Jordan saw Beckwith had arranged question marks on his pad. Some were at an angle instead of being upright.

‘Your husband didn’t admit to two affairs, did he?’ resumed Bartle. ‘You told him you’d had him under surveillance, because you suspected he was being unfaithful. And that you were going to cite Sharon Borowski and Leanne Jefferies?’

‘That is not the correct sequence,’ rejected Alyce. ‘It was as I have described it. I had not organized surveillance and had no idea who the whores were with whom he was sleeping: I just knew he was sleeping around because that was how I had become infected. That was what I told him.’

‘It was you who first mentioned the divorce statute of criminal conversation here in North Carolina, not him,’ insisted the lawyer.

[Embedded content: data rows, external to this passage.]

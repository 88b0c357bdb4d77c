// A found node removed, and what is below it: the changes of the Rust's `id.rs`. Each function equals a definition of specs/, and asks
// for no more than that the node can be freed.
ghost use Rattle.std.specs.Prelude.{◌≡◌, ◌*◌, ◌≤◌, length};
ghost use Rattle.link.specs.Words.{width, most};
ghost use Rattle.removal.specs.Descendants.{front_left, onward, leaf_freed, turn};
ghost use Rattle.removal.specs.Remove.{detached, hoisted, removed, descendants_removed, subtree_removed};
ghost use Rattle.removal.specs.Freeable.{Freeable};

use arena::arena::free_node;
use link::header::Header;
use link::id::found;
use link::siblings_range::SiblingsRange;
use link::words::{Slot, link_of, set_link};

// Where the loop of `remove_descendants` stands: the header, and the cursor. 0 is none, as for every identifier (document 01).
#[derive(Clone, Copy)]
pub struct Turn {
    pub header: Header,
    pub cursor: u32,
}

// The node with its subtree becomes a chain of one. Unlike `detach` of `moves` by the loop over parents, as the definition
// `detached` has it (decision L20).
#[tactic(auto, unfolding(crate::specs::Remove::detached))]
fn detach(words: &mut [u32], id: u32, steps: u32)
    ensures { words.new ≡ detached steps words.old id }
{
    let alone = SiblingsRange::one(id).detach_from_siblings(words);
    let _ = alone.rewrite_parents(words, 0, steps);
}

// The siblings from first to last go between two neighbours under a parent: the arguments of the definition `hoisted`.
#[tactic(auto, unfolding(crate::specs::Remove::hoisted))]
fn hoist(
    words: &mut [u32],
    first: u32,
    last: u32,
    parent: u32,
    previous: u32,
    next: u32,
    steps: u32,
)
    ensures { words.new ≡ hoisted steps words.old first last parent previous next }
{
    if first == 0 || last == 0 {
        return;
    }
    let range = SiblingsRange { first, last };
    let children = range.detach_from_siblings(words);
    let _ = children.transplant(words, parent, previous, next, steps);
}

// A found node goes; its children take its place.
#[tactic(auto, unfolding(crate::specs::Remove::removed))]
pub fn remove(words: &mut [u32], h: Header, id: u32) -> Header
    requires { Freeable words.old h id × (h.used ≤ most) }
    ensures { (words.new, result) ≡ removed words.old h id }
{
    let parent = link_of(words, id, Slot::PARENT);
    let previous = link_of(words, id, Slot::PREVIOUS);
    let next = link_of(words, id, Slot::NEXT);
    let first = link_of(words, id, Slot::FIRST);
    let last = link_of(words, id, Slot::LAST);
    let steps = h.used + 1;
    detach(words, id, steps);
    hoist(words, first, last, parent, previous, next, steps);
    free_node(words, h, id)
}

// The first child of a parent leaves its chain, and next is the first.
#[tactic(auto, unfolding(crate::specs::Descendants::front_left))]
fn leave_front(words: &mut [u32], parent: u32, next: u32)
    ensures { words.new ≡ front_left words.old parent next }
{
    set_link(words, parent, Slot::FIRST, next);
    if next == 0 {
        set_link(words, parent, Slot::LAST, 0);
    }
}

// The next sibling, or the parent where there is none.
#[tactic(auto, unfolding(crate::specs::Descendants::onward))]
fn next_or_parent(next: u32, parent: u32) -> u32
    ensures { result ≡ onward next parent }
{
    if next == 0 { parent } else { next }
}

// A leaf leaves its parent's chain and is freed.
#[tactic(auto, unfolding(crate::specs::Descendants::leaf_freed))]
fn free_leaf(words: &mut [u32], h: Header, leaf: u32) -> Turn
    requires { Freeable words.old h leaf }
    ensures { (words.new, result) ≡ leaf_freed words.old h leaf }
{
    let next = link_of(words, leaf, Slot::NEXT);
    let parent = link_of(words, leaf, Slot::PARENT);
    leave_front(words, parent, next);
    let header = free_node(words, h, leaf);
    let cursor = next_or_parent(next, parent);
    Turn { header, cursor }
}

// One turn of the loop below a node. Header and cursor come apart and go as a `Turn`, as the definition `turn` has it.
#[tactic(auto, using(std::proofs::lemmas::Bool::Decides::nat_tests), unfolding(crate::specs::Descendants::turn))]
fn turn_below(words: &mut [u32], h: Header, id: u32, cursor: u32) -> Turn
    requires { (h.used * width ≤ length words.old) × (h.last ≤ h.used) }
    ensures { (words.new, result) ≡ turn words.old h id cursor }
{
    let first = link_of(words, cursor, Slot::FIRST);
    if first != 0 {
        return Turn {
            header: h,
            cursor: first,
        };
    }
    if cursor == id || !found(words, h.used, cursor) {
        return Turn {
            header: h,
            cursor: 0,
        };
    }
    free_leaf(words, h, cursor)
}

// All below a found node is freed, children first.
pub fn remove_descendants(words: &mut [u32], h: Header, id: u32) -> Header
    requires { Freeable words.old h id × (h.used ≤ most) }
    ensures { (words.new, result) ≡ descendants_removed words.old h id }
{
    let mut at = Turn {
        header: h,
        cursor: id,
    };
    for _ in 0..2 * h.used + 1 {
        if at.cursor == 0 {
            break;
        }
        at = turn_below(words, at.header, id, at.cursor);
    }
    at.header
}

// All below a found node is freed, then the node.
#[tactic(auto, unfolding(crate::specs::Remove::subtree_removed))]
pub fn remove_subtree(words: &mut [u32], h: Header, id: u32) -> Header
    requires { Freeable words.old h id × (h.used ≤ most) }
    ensures { (words.new, result) ≡ subtree_removed words.old h id }
{
    let steps = h.used + 1;
    detach(words, id, steps);
    let header = remove_descendants(words, h, id);
    free_node(words, header, id)
}
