// The public calls: FRAME, SCRATCH, INVALID, then REMOVED, then the change. Each has its work before it, named after a node that is to
// be found, for callers that know already that memory is ready.
ghost use Rattle.std.specs.Prelude.{◌≡◌, ◌≤◌, length};
ghost use Rattle.link.specs.Words.{capacity_of};
ghost use Rattle.rules.specs.Answers.{answer_changed};
ghost use Rattle.sound.specs.Guard.{guarded};
ghost use Rattle.removal.specs.Remove.{remove_node, remove_subtree, remove_children};

use crate::id::{remove, remove_descendants, remove_subtree};
use link::header::Header;
use link::id::found;
use rules::answer::Refusal;
use sound::guard;

// The work of `checked_remove`. The three works are written out: one function over what is done would be longer than the three tests.
#[tactic(auto, unfolding(crate::specs::Remove::remove_node, crate::specs::Remove::when_found, rules::specs::Answers::refusal))]
pub fn remove_found(words: &mut [u32], h: Header, id: u32) -> Result<Header, Refusal>
    requires { (h.used ≤ capacity_of (length words.old)) × (h.last ≤ h.used) }
    ensures { (words.new, answer_changed h result) ≡ remove_node words.old h id }
{
    if !found(words, h.used, id) {
        return Err(Refusal::Removed);
    }
    Ok(remove(words, h, id))
}

// The work of `checked_remove_subtree`.
#[tactic(auto, unfolding(crate::specs::Remove::remove_subtree, crate::specs::Remove::when_found, rules::specs::Answers::refusal))]
pub fn remove_subtree_found(words: &mut [u32], h: Header, id: u32) -> Result<Header, Refusal>
    requires { (h.used ≤ capacity_of (length words.old)) × (h.last ≤ h.used) }
    ensures { (words.new, answer_changed h result) ≡ remove_subtree words.old h id }
{
    if !found(words, h.used, id) {
        return Err(Refusal::Removed);
    }
    Ok(remove_subtree(words, h, id))
}

// The work of `remove_children`.
#[tactic(auto, unfolding(crate::specs::Remove::remove_children, crate::specs::Remove::when_found, rules::specs::Answers::refusal))]
pub fn remove_children_found(words: &mut [u32], h: Header, id: u32) -> Result<Header, Refusal>
    requires { (h.used ≤ capacity_of (length words.old)) × (h.last ≤ h.used) }
    ensures { (words.new, answer_changed h result) ≡ remove_children words.old h id }
{
    if !found(words, h.used, id) {
        return Err(Refusal::Removed);
    }
    Ok(remove_descendants(words, h, id))
}

// The children, in order, take the node's place between its neighbours under its parent; those of a parentless node stay together.
pub fn checked_remove(
    words: &mut [u32],
    h: Header,
    scratch: &mut [u32],
    id: u32,
) -> Result<Header, Refusal>
    ensures { (words.new, scratch.new, answer_changed h result) ≡ guarded words.old h scratch.old (remove_node words.old h id) }
{
    guard(words, h, scratch)?;
    remove_found(words, h, id)
}

// The subtree is freed children first, left to right, the named node last.
pub fn checked_remove_subtree(
    words: &mut [u32],
    h: Header,
    scratch: &mut [u32],
    id: u32,
) -> Result<Header, Refusal>
    ensures { (words.new, scratch.new, answer_changed h result) ≡ guarded words.old h scratch.old (remove_subtree words.old h id) }
{
    guard(words, h, scratch)?;
    remove_subtree_found(words, h, id)
}

// The same without the node.
pub fn remove_children(
    words: &mut [u32],
    h: Header,
    scratch: &mut [u32],
    id: u32,
) -> Result<Header, Refusal>
    ensures { (words.new, scratch.new, answer_changed h result) ≡ guarded words.old h scratch.old (remove_children words.old h id) }
{
    guard(words, h, scratch)?;
    remove_children_found(words, h, id)
}
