// Removing a node, a subtree, or the children of a node. The changes are those of the Rust's `id.rs`, over lent words and a header by
// value; the public calls examine memory first and ask for nothing.

#![tactic(auto)]

// Words, header and scratch stay parameters of their own: C lends the words apart from the header, which goes back by value. A type that
// held them would hold a reference, and contracts over it would be assertions of the logic, as those of `Walker`.
// So what ties words and header stands in the contracts.
pub mod id;
pub mod removal;
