//! The composition graph and its calls.
ghost use Rattle.std.specs.Prelude.{◌≡◌, ◌==◌, ◌↔◌, ℕ, true, IsSome, IsTrue, IfOk, OnOk, OnErr, IfSome, IfNone, Some, None, Ok, length, slice_get};
ghost use Rattle.std.specs.Option.{option_map};
ghost use Rattle.slab.specs.Slab.{ContainsKey};
ghost use Rattle.semver.specs.Identifiers.{parts_of};
ghost use Rattle.wac_types_collection.specs.collection.Collection.{IsWellFormed, holds_type, resource_mentions, func_mentions, defined_mentions, with_resource, with_func, with_defined, with_interface, with_world, with_module};
ghost use Rattle.wac_types_shapes.specs.shapes.Kinds.{kind_type};
ghost use Rattle.wac_types_shapes.specs.primitives.Name.{Name as AName};
ghost use Rattle.wac_types_collection.specs.collection.Package.{HoldsPackage, with_instance_of, package_fault};
ghost use Rattle.wac_types_collection.specs.collection.Uses.{AnswersBy, mention_fault, interface_fault, world_fault};
ghost use Rattle.wac_types_collection.specs.subtyping.TreeLaws.{GrowthKeepsTrees};
ghost use Rattle.wac_types_shapes.specs.declared.shapes.component.«Type».TheVariants.{Resource as resource_type, Func as func_type, Value as value_type, Interface as interface_type, World as world_type, Module as core_module_type};
ghost use Rattle.wac_types_shapes.specs.declared.shapes.component.ValueType.TheVariants.{Defined as defined_type};
ghost use Rattle.wac_graph_model.specs.nodes.Graph.{node_at, package_at, export_at, import_name, IsRegistered, IsAliasOf, IsSourceOf};
ghost use Rattle.wac_edges.specs.declared.node.NodeId.{NodeId as AnId};
ghost use Rattle.wac_graph_model.specs.nodes.Sound.{IsSound};
ghost use Rattle.wac_graph_model.specs.nodes.Steps.{IsEmpty, Adds, Registers, Imports, Instantiates, Aliases, SetsArgument, UnsetsArgument, SetsName, Exports, Unexports};
ghost use Rattle.wac_graph_model.specs.nodes.Valid.{KeepsValid};
ghost use Rattle.wac_graph_model.specs.nodes.TakenOut.{without, taken_at};
ghost use Rattle.wac_graph_model.specs.nodes.Nodes.{names_of};
ghost use Rattle.wac_graph_fields.specs.private.Renamed.{Renames, with_name, with_export_name};
ghost use Rattle.wac_graph.specs.private.plugs.Positions.{HasExport};

use indexmap::IndexMap;
use semver::Version;
use slab::Slab;
use std::alloc::{AllocError, Global};
use std::collections::HashSet;
use std::marker::Model;
use std::ops::Index;
use wac_edges::edges::{Edge, Edges, Label};
use wac_graph_encode::package_in_slots;
use wac_graph_fields::{Lost, next_id, put_package};
use wac_graph_model::inner::{generation_of, new_node, slot_of};
use wac_graph_model::{
    AliasError, BorrowedPackageKey, ExportError, ImportError, InstantiationArgumentError, Node,
    NodeId, NodeKind, PackageId, RegisterPackageError, Slot, UnexportError, inner,
};
use wac_types::laws::growth_keeps_trees;
use wac_types::{
    AddTypeError, DefinedType, DefinedTypeId, FuncType, FuncTypeId, Interface, InterfaceId,
    ItemKind, ModuleType, ModuleTypeId, Package, PackageKey, Resource, ResourceId, Types, World,
    WorldId,
};

/// A composition of WebAssembly components, as a directed graph.
///
/// A node is of one of four kinds:
///
/// - A *definition* of a type, which is always exported.
/// - An *import* of an item.
/// - An *instantiation* of a registered package.
/// - An *alias* of an export of an instance.
///
/// An edge is of one of three kinds:
///
/// - An *alias* edge leads from an instance to an alias of one of its exports.
/// - An *argument* edge leads from a node to the instantiation that takes it as an argument.
/// - A *dependency* edge leads from a definition to a definition that depends on it.
///
/// An import of an instantiation is *unsatisfied* until an argument is set for it.
/// The unsatisfied imports become imports of the encoded component, together with the import nodes.
///
/// # Ids
///
/// Calls require that the ids passed to them are valid in this graph, unless they say otherwise.
/// [`has_node`](Self::has_node), [`has_package`](Self::has_package) and [`Types::contains`] test this.
/// The number of a removed node may be given to another node. The id of an unregistered package is never valid again.
///
/// # Errors
///
/// A call that returns an error leaves the graph unchanged. [`plug`](Self::plug) and [`add_package`](Self::add_package)
/// are exceptions, and say what they leave.
/// A call that allocates may run out of memory, which is `AllocError` or the `OutOfMemory` of its error type.
/// A call without such an error allocates nothing.
pub struct CompositionGraph {
    pub(crate) alloc: Global,
    pub(crate) types: Types,
    pub(crate) nodes: Slab<Node>,
    pub(crate) edges: Edges,
    pub(crate) imports: IndexMap<String, NodeId>,
    pub(crate) exports: IndexMap<String, NodeId>,
    pub(crate) package_map: IndexMap<PackageKey, PackageId>,
    pub(crate) slots: Vec<Slot>,
    // The free slots that may be used again, the one freed last at the end.
    pub(crate) vacant: Vec<usize>,
    // Leads `remove_node` to the exports that it removes.
    pub(crate) lost: Lost,
}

‘Until I engaged Mr Reid – and learned the totally unfounded case brought against Harvey Jordan by my husband – I had no idea of any such law or divorce provision. How could I have done?’

‘Yet you initiated proceedings against Ms Jefferies!’

‘I was advised by Mr Reid that it was a course open to me. And that it was one that I should take. ’

‘You had suffered a disease, which you claim your husband gave you. You had told him you were divorcing him. Yet you took the papers with you to France, instead of signing them here. You were still unsure about the divorce, weren’t you?’

‘No!’ denied Alyce. ‘The papers weren’t complete, particularly the criminal conversation claim against Leanne Jefferies. They were posted to me in France. I took what was already prepared. I was going to be by myself. I had time to read everything very thoroughly.’

‘But you weren’t by yourself, were you?’

‘I wish I had remained so, not for my own sake but for Mr Jordan’s. I very much regret his entrapment by my husband.’

The exclamation marks on Beckwith’s pad were all upright now.

‘Your husband is a wealthy man, the president of one of Wall Street’s leading commodity brokerages with a multi-millon dollar turnover?’

‘My husband never discussed business affairs with me, only in the beginning when he borrowed a million dollars from me.’

‘A million dollars that you have no proof of drawing from any of your accounts.’

‘It was how he wanted it done, in cash.’

‘Not only is there no traceable record of it having been withdrawn from your accounts, there is no recorded entry of such a sum in the company books. How do you explain that?’

‘Easily. I told you he asked for it in cash, to avoid it showing in the books. If it were recorded it would have been taxable. Maybe it was to spend on the women I then didn’t know about.’